• **REQUIREMENT**
Write the entries out again. Every character must match.

Records contained in a dataset

--

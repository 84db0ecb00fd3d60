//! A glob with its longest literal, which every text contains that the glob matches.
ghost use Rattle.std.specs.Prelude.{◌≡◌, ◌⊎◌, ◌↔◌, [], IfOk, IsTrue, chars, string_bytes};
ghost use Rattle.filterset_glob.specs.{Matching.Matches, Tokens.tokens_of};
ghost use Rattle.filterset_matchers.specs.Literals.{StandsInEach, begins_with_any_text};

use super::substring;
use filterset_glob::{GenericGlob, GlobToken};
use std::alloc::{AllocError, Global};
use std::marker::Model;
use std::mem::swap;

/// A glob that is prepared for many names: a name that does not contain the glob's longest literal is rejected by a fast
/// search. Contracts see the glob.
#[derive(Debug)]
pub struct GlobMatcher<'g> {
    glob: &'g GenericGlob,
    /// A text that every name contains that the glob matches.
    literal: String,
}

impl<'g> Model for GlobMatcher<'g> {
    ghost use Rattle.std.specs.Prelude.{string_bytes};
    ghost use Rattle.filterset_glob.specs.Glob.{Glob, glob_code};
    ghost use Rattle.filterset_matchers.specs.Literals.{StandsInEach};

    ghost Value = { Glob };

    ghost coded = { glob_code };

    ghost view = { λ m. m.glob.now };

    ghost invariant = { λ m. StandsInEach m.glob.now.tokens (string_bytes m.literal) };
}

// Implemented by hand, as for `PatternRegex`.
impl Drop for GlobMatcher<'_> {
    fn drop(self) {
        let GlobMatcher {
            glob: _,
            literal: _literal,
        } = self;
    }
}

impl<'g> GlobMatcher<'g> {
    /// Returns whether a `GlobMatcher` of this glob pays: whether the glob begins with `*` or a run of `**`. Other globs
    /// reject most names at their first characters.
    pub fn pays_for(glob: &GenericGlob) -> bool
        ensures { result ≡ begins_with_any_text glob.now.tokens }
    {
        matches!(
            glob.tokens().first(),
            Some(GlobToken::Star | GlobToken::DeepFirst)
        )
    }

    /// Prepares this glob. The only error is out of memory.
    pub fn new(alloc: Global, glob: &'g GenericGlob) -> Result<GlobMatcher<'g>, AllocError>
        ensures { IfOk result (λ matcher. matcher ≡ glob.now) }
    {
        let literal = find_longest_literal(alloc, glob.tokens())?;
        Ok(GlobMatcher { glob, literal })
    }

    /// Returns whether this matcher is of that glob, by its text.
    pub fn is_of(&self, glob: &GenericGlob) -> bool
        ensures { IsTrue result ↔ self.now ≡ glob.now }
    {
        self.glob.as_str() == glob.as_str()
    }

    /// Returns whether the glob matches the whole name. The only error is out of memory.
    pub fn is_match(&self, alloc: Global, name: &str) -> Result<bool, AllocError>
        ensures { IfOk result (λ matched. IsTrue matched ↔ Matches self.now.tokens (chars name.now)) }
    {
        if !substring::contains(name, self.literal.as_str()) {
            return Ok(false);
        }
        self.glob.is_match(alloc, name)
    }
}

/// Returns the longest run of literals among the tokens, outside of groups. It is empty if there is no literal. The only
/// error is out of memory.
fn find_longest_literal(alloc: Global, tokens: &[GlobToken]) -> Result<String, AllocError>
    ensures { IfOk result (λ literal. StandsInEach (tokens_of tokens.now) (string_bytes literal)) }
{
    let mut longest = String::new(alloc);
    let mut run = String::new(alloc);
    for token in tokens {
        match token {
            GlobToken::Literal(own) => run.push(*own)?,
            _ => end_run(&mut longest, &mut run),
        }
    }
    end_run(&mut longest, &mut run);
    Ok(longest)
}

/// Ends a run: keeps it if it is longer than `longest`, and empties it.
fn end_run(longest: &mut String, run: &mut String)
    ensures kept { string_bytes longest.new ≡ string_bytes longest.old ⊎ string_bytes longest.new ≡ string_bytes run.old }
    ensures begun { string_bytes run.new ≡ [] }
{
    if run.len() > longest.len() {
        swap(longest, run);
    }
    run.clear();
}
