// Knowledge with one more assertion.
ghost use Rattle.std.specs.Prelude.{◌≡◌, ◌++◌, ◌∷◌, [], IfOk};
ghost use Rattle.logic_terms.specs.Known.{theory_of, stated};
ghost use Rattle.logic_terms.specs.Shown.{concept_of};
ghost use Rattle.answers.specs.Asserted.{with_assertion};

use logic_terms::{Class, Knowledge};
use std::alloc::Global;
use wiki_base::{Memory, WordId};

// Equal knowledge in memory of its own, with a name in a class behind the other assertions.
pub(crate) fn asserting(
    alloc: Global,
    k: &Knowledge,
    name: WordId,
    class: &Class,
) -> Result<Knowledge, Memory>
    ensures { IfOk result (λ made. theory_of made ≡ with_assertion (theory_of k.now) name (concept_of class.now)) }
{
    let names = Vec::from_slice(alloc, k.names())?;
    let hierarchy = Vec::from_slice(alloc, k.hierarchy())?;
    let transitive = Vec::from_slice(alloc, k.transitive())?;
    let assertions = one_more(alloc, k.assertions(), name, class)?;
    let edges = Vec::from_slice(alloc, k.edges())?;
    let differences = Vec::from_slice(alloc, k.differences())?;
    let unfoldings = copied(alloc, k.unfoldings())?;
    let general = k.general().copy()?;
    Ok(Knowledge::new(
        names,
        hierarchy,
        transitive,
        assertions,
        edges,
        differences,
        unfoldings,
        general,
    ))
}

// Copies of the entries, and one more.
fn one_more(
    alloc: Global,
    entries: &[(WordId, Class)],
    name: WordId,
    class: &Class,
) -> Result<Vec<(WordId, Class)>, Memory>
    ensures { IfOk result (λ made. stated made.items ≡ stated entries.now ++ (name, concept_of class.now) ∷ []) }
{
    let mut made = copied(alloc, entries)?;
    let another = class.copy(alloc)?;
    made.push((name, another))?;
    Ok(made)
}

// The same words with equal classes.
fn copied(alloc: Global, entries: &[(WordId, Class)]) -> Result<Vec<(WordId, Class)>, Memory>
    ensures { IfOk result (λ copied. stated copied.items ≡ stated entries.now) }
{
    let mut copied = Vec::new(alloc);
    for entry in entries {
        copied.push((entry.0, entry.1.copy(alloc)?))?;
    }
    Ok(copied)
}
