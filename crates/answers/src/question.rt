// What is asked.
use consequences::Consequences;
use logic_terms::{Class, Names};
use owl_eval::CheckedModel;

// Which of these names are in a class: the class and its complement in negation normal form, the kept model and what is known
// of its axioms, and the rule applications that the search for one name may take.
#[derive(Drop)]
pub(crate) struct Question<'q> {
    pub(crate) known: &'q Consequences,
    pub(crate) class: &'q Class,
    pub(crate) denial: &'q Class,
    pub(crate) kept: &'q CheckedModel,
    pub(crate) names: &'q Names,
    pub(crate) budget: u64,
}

--

• **EXERCISE RESPONSE**
repository 84db0ecb00fd3d60
//! A glob with its longest literal, which every text contains that the glob matches.
ghost use Rattle.std.specs.Prelude.{◌≡◌, ◌⊎◌, ◌↔◌, [], IfOk, IsTrue, chars, string_bytes};
ghost use Rattle.filterset_glob.specs.{Matching.Matches, Tokens.tokens_of};
ghost use Rattle.filterset_matchers.specs.Literals.{StandsInEach, begins_with_any_text};

use super::substring;
use filterset_glob::{GenericGlob, GlobToken};
use std::alloc::{AllocError, Global};
use std::marker::Model;
use std::mem::swap;

/// A glob that is prepared for many names: a name that does not contain the glob's longest literal is rejected by a fast
/// search. Contracts see the glob.
#[derive(Debug)]
pub struct GlobMatcher<'g> {
    glob: &'g GenericGlob,
    /// A text that every name contains that the glob matches.
    literal: String,
}

impl<'g> Model for GlobMatcher<'g> {
    ghost use Rattle.std.specs.Prelude.{string_bytes};
    ghost use Rattle.filterset_glob.specs.Glob.{Glob, glob_code};
    ghost use Rattle.filterset_matchers.specs.Literals.{StandsInEach};

    ghost Value = { Glob };

    ghost coded = { glob_code };

    ghost view = { λ m. m.glob.now };

    ghost invariant = { λ m. StandsInEach m.glob.now.tokens (string_bytes m.literal) };
}

// Implemented by hand, as for `PatternRegex`.
impl Drop for GlobMatcher<'_> {
    fn drop(self) {
        let GlobMatcher {
            glob: _,
            literal: _literal,
        } = self;
    }
}

impl<'g> GlobMatcher<'g> {
    /// Returns whether a `GlobMatcher` of this glob pays: whether the glob begins with `*` or a run of `**`. Other globs
    /// reject most names at their first characters.
    pub fn pays_for(glob: &GenericGlob) -> bool
        ensures { result ≡ begins_with_any_text glob.now.tokens }
    {
        matches!(
            glob.tokens().first(),
            Some(GlobToken::Star | GlobToken::DeepFirst)
        )
    }

    /// Prepares this glob. The only error is out of memory.
    pub fn new(alloc: Global, glob: &'g GenericGlob) -> Result<GlobMatcher<'g>, AllocError>
        ensures { IfOk result (λ matcher. matcher ≡ glob.now) }
    {
        let literal = find_longest_literal(alloc, glob.tokens())?;
        Ok(GlobMatcher { glob, literal })
    }

    /// Returns whether this matcher is of that glob, by its text.
    pub fn is_of(&self, glob: &GenericGlob) -> bool
        ensures { IsTrue result ↔ self.now ≡ glob.now }
    {
        self.glob.as_str() == glob.as_str()
    }

    /// Returns whether the glob matches the whole name. The only error is out of memory.
    pub fn is_match(&self, alloc: Global, name: &str) -> Result<bool, AllocError>
        ensures { IfOk result (λ matched. IsTrue matched ↔ Matches self.now.tokens (chars name.now)) }
    {
        if !substring::contains(name, self.literal.as_str()) {
            return Ok(false);
        }
        self.glob.is_match(alloc, name)
    }
}

/// Returns the longest run of literals among the tokens, outside of groups. It is empty if there is no literal. The only
/// error is out of memory.
fn find_longest_literal(alloc: Global, tokens: &[GlobToken]) -> Result<String, AllocError>
    ensures { IfOk result (λ literal. StandsInEach (tokens_of tokens.now) (string_bytes literal)) }
{
    let mut longest = String::new(alloc);
    let mut run = String::new(alloc);
    for token in tokens {
        match token {
            GlobToken::Literal(own) => run.push(*own)?,
            _ => end_run(&mut longest, &mut run),
        }
    }
    end_run(&mut longest, &mut run);
    Ok(longest)
}

/// Ends a run: keeps it if it is longer than `longest`, and empties it.
fn end_run(longest: &mut String, run: &mut String)
    ensures kept { string_bytes longest.new ≡ string_bytes longest.old ⊎ string_bytes longest.new ≡ string_bytes run.old }
    ensures begun { string_bytes run.new ≡ [] }
{
    if run.len() > longest.len() {
        swap(longest, run);
    }
    run.clear();
}
// Knowledge with one more assertion.
ghost use Rattle.std.specs.Prelude.{◌≡◌, ◌++◌, ◌∷◌, [], IfOk};
ghost use Rattle.logic_terms.specs.Known.{theory_of, stated};
ghost use Rattle.logic_terms.specs.Shown.{concept_of};
ghost use Rattle.answers.specs.Asserted.{with_assertion};

use logic_terms::{Class, Knowledge};
use std::alloc::Global;
use wiki_base::{Memory, WordId};

// Equal knowledge in memory of its own, with a name in a class behind the other assertions.
pub(crate) fn asserting(
    alloc: Global,
    k: &Knowledge,
    name: WordId,
    class: &Class,
) -> Result<Knowledge, Memory>
    ensures { IfOk result (λ made. theory_of made ≡ with_assertion (theory_of k.now) name (concept_of class.now)) }
{
    let names = Vec::from_slice(alloc, k.names())?;
    let hierarchy = Vec::from_slice(alloc, k.hierarchy())?;
    let transitive = Vec::from_slice(alloc, k.transitive())?;
    let assertions = one_more(alloc, k.assertions(), name, class)?;
    let edges = Vec::from_slice(alloc, k.edges())?;
    let differences = Vec::from_slice(alloc, k.differences())?;
    let unfoldings = copied(alloc, k.unfoldings())?;
    let general = k.general().copy()?;
    Ok(Knowledge::new(
        names,
        hierarchy,
        transitive,
        assertions,
        edges,
        differences,
        unfoldings,
        general,
    ))
}

// Copies of the entries, and one more.
fn one_more(
    alloc: Global,
    entries: &[(WordId, Class)],
    name: WordId,
    class: &Class,
) -> Result<Vec<(WordId, Class)>, Memory>
    ensures { IfOk result (λ made. stated made.items ≡ stated entries.now ++ (name, concept_of class.now) ∷ []) }
{
    let mut made = copied(alloc, entries)?;
    let another = class.copy(alloc)?;
    made.push((name, another))?;
    Ok(made)
}

// The same words with equal classes.
fn copied(alloc: Global, entries: &[(WordId, Class)]) -> Result<Vec<(WordId, Class)>, Memory>
    ensures { IfOk result (λ copied. stated copied.items ≡ stated entries.now) }
{
    let mut copied = Vec::new(alloc);
    for entry in entries {
        copied.push((entry.0, entry.1.copy(alloc)?))?;
    }
    Ok(copied)
}
filename crates/answers/src/question.rt
// What is asked.
use consequences::Consequences;
use logic_terms::{Class, Names};
use owl_eval::CheckedModel;

// Which of these names are in a class: the class and its complement in negation normal form, the kept model and what is known
// of its axioms, and the rule applications that the search for one name may take.
#[derive(Drop)]
pub(crate) struct Question<'q> {
    pub(crate) known: &'q Consequences,
    pub(crate) class: &'q Class,
    pub(crate) denial: &'q Class,
    pub(crate) kept: &'q CheckedModel,
    pub(crate) names: &'q Names,
    pub(crate) budget: u64,
}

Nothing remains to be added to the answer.